Pancreatic cancer (PDAC) is a highly aggressive and devastating malignancy with a 5-year survival rate of only 3%. It is clear that new treatment options are desperately needed. Immunotherapy is such a treatment option.
In patients with malignant mesothelioma it was shown that dendritic cell immunotherapy had a positive effect on the survival of these patients. Since pancreatic cancer has many similarities to mesothelioma, including the expression of immune-reactive antigens, we would like to test if it is feasible to treat pancreatic cancer patients with dendritic cell immunotherapy.
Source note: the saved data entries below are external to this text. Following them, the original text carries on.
// Cores, and how they are made.
ghost use Rattle.std.specs.Prelude.{◌≡◌, ◌<◌, ◌≤◌, ℕ, [], replicate, length, slice_index_or, slice_set, IfSome, IfNone, IfOk, IfErr, IsTrue, OnErr, ◌↔◌, false, Some};
ghost use Rattle.pfc_base.specs.Block.{count_of};
ghost use Rattle.pfc_base.specs.Cinfo.{IsBlockSize};
ghost use Rattle.pfc_log.specs.Charges.{start_charge};
ghost use Rattle.pfc_log.specs.Lawful.{IsCached};
ghost use Rattle.pfc_log.specs.declared.entry.Uncached.TheVariants as uncached;
ghost use Rattle.pfc_log.specs.declared.start.Start.TheVariants as start;
ghost use Rattle.pfc_core.specs.New.{IsNew};
ghost use Rattle.pfc_core.specs.View.{CoreView};
ghost use Rattle.pfc_actor.specs.declared.backing.Standing.TheVariants as standing;
ghost use Rattle.pfc_actor.specs.Backings.{IsOpen, Later, OpensBy, StandsFor, standing_of};
ghost use Rattle.pfc_scene.specs.Scenes.{IsAlone, IsCore, IsUnused, Makes, Renews, Restarts, StartsCore, StartsNot};

use pfc_actor::{Backing, Wanted};
use pfc_base::{BlockSet, Memory, Path, block_count};
use pfc_cinfo::{Head, Records};
use pfc_core::FileCore;
use pfc_log::{Uncached, uncached_cause};
use pfc_world::{Depot, Known, Refusal, World};
use std::alloc::Global;

/// The core of a path that later opens join: the file is cached, or its volume couldn't be had.
pub(crate) fn find_core<W: World>(cores: &[FileCore<W>], path: &Path) -> Option<usize>
    ensures some { IfSome result (λ i. (i < length cores.now) × ((d : CoreView) → (slice_index_or cores.now i d).path ≡ path.now)) }
    ensures none { IfNone result ((i : ℕ) (d : CoreView) → i < length cores.now → IsCached (slice_index_or cores.now i d).first → (slice_index_or cores.now i d).path ≡ path.now → ⊥) }
{
    for i in 0..cores.len() {
        if is_joined(&cores[i], path) {
            return Some(i);
        }
    }
    None
}

/// Whether a core is of this path, and later opens join it.
fn is_joined<W: World>(core: &FileCore<W>, path: &Path) -> bool
    ensures yes { IsTrue result → core.now.path ≡ path.now }
    ensures no { result ≡ false → IsCached core.now.first → core.now.path ≡ path.now → ⊥ }
{
    match core.uncached() {
        None | Some(Uncached::Volume) => core.known().path() == path,
        Some(_) => false,
    }
}

/// The place of the core of this number, if it is of this path.
pub(crate) fn core_at<W: World>(cores: &[FileCore<W>], core: u64, path: &Path) -> Option<usize>
    ensures { IfSome result (λ i. (i < length cores.now) × ((d : CoreView) → (slice_index_or cores.now i d).path ≡ path.now)) }
{
    if core >= cores.len() as u64 {
        return None;
    }
    let i = core as usize;
    if cores[i].known().path() != path {
        return None;
    }
    Some(i)
}

/// A core of a file of which no block is on disk, and no access on record.
fn empty_core<W: World>(
    alloc: Global,
    i: u64,
    known: Known<W>,
    block_size: u64,
) -> Result<FileCore<W>, Memory>
    requires block_size { IsBlockSize block_size }
    requires few { count_of known.size block_size ≤ 16777216 }
    ensures { IfOk result (λ core. IsNew i known.path known.size block_size (replicate (count_of known.size block_size) false) (record { created = 0; accesses = 0; records = [] }) core) }
{
    let count = block_count(known.size(), block_size) as u32;
    let start = BlockSet::new(alloc, count)?;
    let head = Head {
        created: 0,
        accesses: 0,
        records: Records::new(alloc),
    };
    FileCore::new(alloc, i, known, block_size, start, head)
}

/// A core of a file, which is cached unless its path or its size says otherwise.
fn new_core<W: World>(
    alloc: Global,
    i: u64,
    known: Known<W>,
    block_size: u64,
) -> Result<FileCore<W>, Memory>
    requires block_size { IsBlockSize block_size }
    ensures core { IfOk result (λ core. IsCore block_size i core) }
    ensures path { IfOk result (λ core. core.path ≡ known.path) }
    ensures size { IfOk result (λ core. core.size ≡ known.size) }
    ensures fresh { IfOk result (λ core. (core.entries ≡ []) × (core.out ≡ [])) }
    ensures unpaid { IfOk result (λ core. start_charge core.first ≡ 0) }
{
    let blocks = block_count(known.size(), block_size);
    match uncached_cause(known.path(), blocks) {
        Some(why) => FileCore::direct_only(alloc, i, known, block_size, why),
        None => empty_core(alloc, i, known, block_size),
    }
}

/// Whether a core of a file may be made: the file isn't cached, or no cached core of it is there.
fn is_alone<W: World>(cores: &[FileCore<W>], path: &Path, blocks: u64) -> bool
    ensures { IsTrue result → IsAlone cores.now path.now blocks }
{
    if uncached_cause(path, blocks).is_some() {
        return true;
    }
    find_core(cores, path).is_none()
}

/// Makes a core of the file that a client opens, behind the others, and gives its number. It fails for want of memory, and where
/// there is a core already.
pub(crate) fn make_core<W: World>(
    alloc: Global,
    cores: &mut Vec<FileCore<W>>,
    wanted: &Wanted<W>,
    block_size: u64,
) -> Option<u64>
    requires block_size { IsBlockSize block_size }
    ensures some { IfSome result (λ i. Makes block_size cores.old.items wanted.now.path cores.new.items) }
    ensures none { IfNone result (cores.new.items ≡ cores.old.items) }
{
    let known = wanted.known();
    if !is_alone(cores, known.path(), block_count(known.size(), block_size)) {
        return None;
    }
    if cores.reserve(1).is_err() {
        return None;
    }
    let i = cores.len() as u64;
    match new_core(alloc, i, known, block_size) {
        Ok(core) => {
            cores.push_reserved(core);
            Some(i)
        }
        Err(_) => None,
    }
}

/// A core takes the place of another, which is spent.
pub(crate) fn put_core<W: World>(cores: &mut Vec<FileCore<W>>, i: usize, core: FileCore<W>)
    requires { i < length cores.old.items }
    ensures { cores.new.items ≡ slice_set cores.old.items i core }
{
    cores[i] = core;
}

/// Whether nothing has happened on a core, whose file is cached.
pub(crate) fn is_unused<W: World>(core: &FileCore<W>) -> bool
    ensures { IsTrue result → IsUnused core.now }
{
    core.uncached().is_none() && core.log().len() == 0 && core.quiet()
}

/// A core in the place of one that wasn't used, of a file whose volume couldn't be had.
pub(crate) fn without_volume<W: World>(
    alloc: Global,
    core: &FileCore<W>,
) -> Result<FileCore<W>, Memory>
    requires unused { IsUnused core.now }
    requires block_size { IsBlockSize core.now.block_size }
    ensures renews { IfOk result (λ new. Renews core.now new) }
    ensures first { IfOk result (λ new. new.first ≡ start.Uncached uncached.Volume) }
{
    FileCore::direct_only(
        alloc,
        core.instance(),
        core.known().copy(),
        core.block_size(),
        Uncached::Volume,
    )
}

/// A core in the place of one that wasn't used, whose store is open. It starts with the blocks that the store has for good.
fn with_store<W: World, P: Depot<W>>(
    alloc: Global,
    core: &FileCore<W>,
    backing: &Backing<W, P>,
) -> Result<FileCore<W>, Memory>
    requires unused { IsUnused core.now }
    requires block_size { IsBlockSize core.now.block_size }
    requires few { count_of core.now.size core.now.block_size ≤ 16777216 }
    requires open { IsOpen backing.now.stand }
    requires stands { StandsFor backing.now.stand core.now }
    ensures { IfOk result (λ new. Restarts core.now.block_size backing.now.durable core.now new) }
{
    let start = backing.start(alloc)?;
    let head = backing.head(alloc)?;
    FileCore::new(
        alloc,
        core.instance(),
        core.known().copy(),
        core.block_size(),
        start,
        head,
    )
}

/// Opens the store beside a core that wasn't used, at a moment in seconds, and gives the core that starts with its blocks. Where
/// that fails the volume stands there as before.
pub(crate) fn open_beside<W: World, P: Depot<W>>(
    alloc: Global,
    core: &FileCore<W>,
    backing: &mut Backing<W, P>,
    created: u64,
) -> Result<FileCore<W>, Refusal>
    requires unused { IsUnused core.now }
    requires block_size { IsBlockSize core.now.block_size }
    requires few { count_of core.now.size core.now.block_size ≤ 16777216 }
    requires taken { standing_of backing.old.stand ≡ standing.Taken }
    requires stands { StandsFor backing.old.stand core.now }
    ensures ok { IfOk result (λ new. StartsCore core.now.block_size core.now backing.old new backing.new) }
    ensures err { OnErr result (StartsNot core.now.block_size core.now backing.old backing.new) }
    ensures before { backing.new.before ≡ backing.old.before }
    ensures unspent { backing.new.unspent ≡ backing.old.unspent }
    ensures later { Later backing.old.now backing.new.now }
    ensures cause { IfErr result (OpensBy backing.old.now backing.new.now) }
{
    backing.open(alloc, core.block_size(), created)?;
    match with_store(alloc, core, backing) {
        Ok(core) => Ok(core),
        Err(_) => {
            backing.shut();
            Err(Refusal::Memory)
        }
    }
}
During this study we will first map the immune system in blood and tumor tissues of patients. We will look at the presence of specific immune cells, mainly T cells and their subsets. Subsequently, we will treat patients with ‘ready-to-use’ dendritic cell immunotherapy and monitor their clinical evolution. By monitoring the systemic and local immune profile we will be able to determine the effect of dendritic cell immunotherapy on the immune system of the individual patient. This will show us if this type of treatment is feasible and effective for pancreatic cancer patients. In the future this could lead to a new maintenance treatment option for patients with pancreatic cancer.
Our project will explore a novel treatment possibility for pancreatic cancer patients. The results will lead to: i) insight in the basal status of the immune system in pancreatic cancer patients, ii) insight in the effect of DC maintenance therapy on the immune signature of pancreatic cancer patients over time and iii) a proof-of-concept concerning feasibility and efficacy of DC immunotherapy in pancreatic cancer.
The results of our study will contribute to the development of a novel treatment for pancreatic cancer patients. In addition we expect this treatment to increase the quality of life of patients compared to the current standard of care treatment with chemotherapy.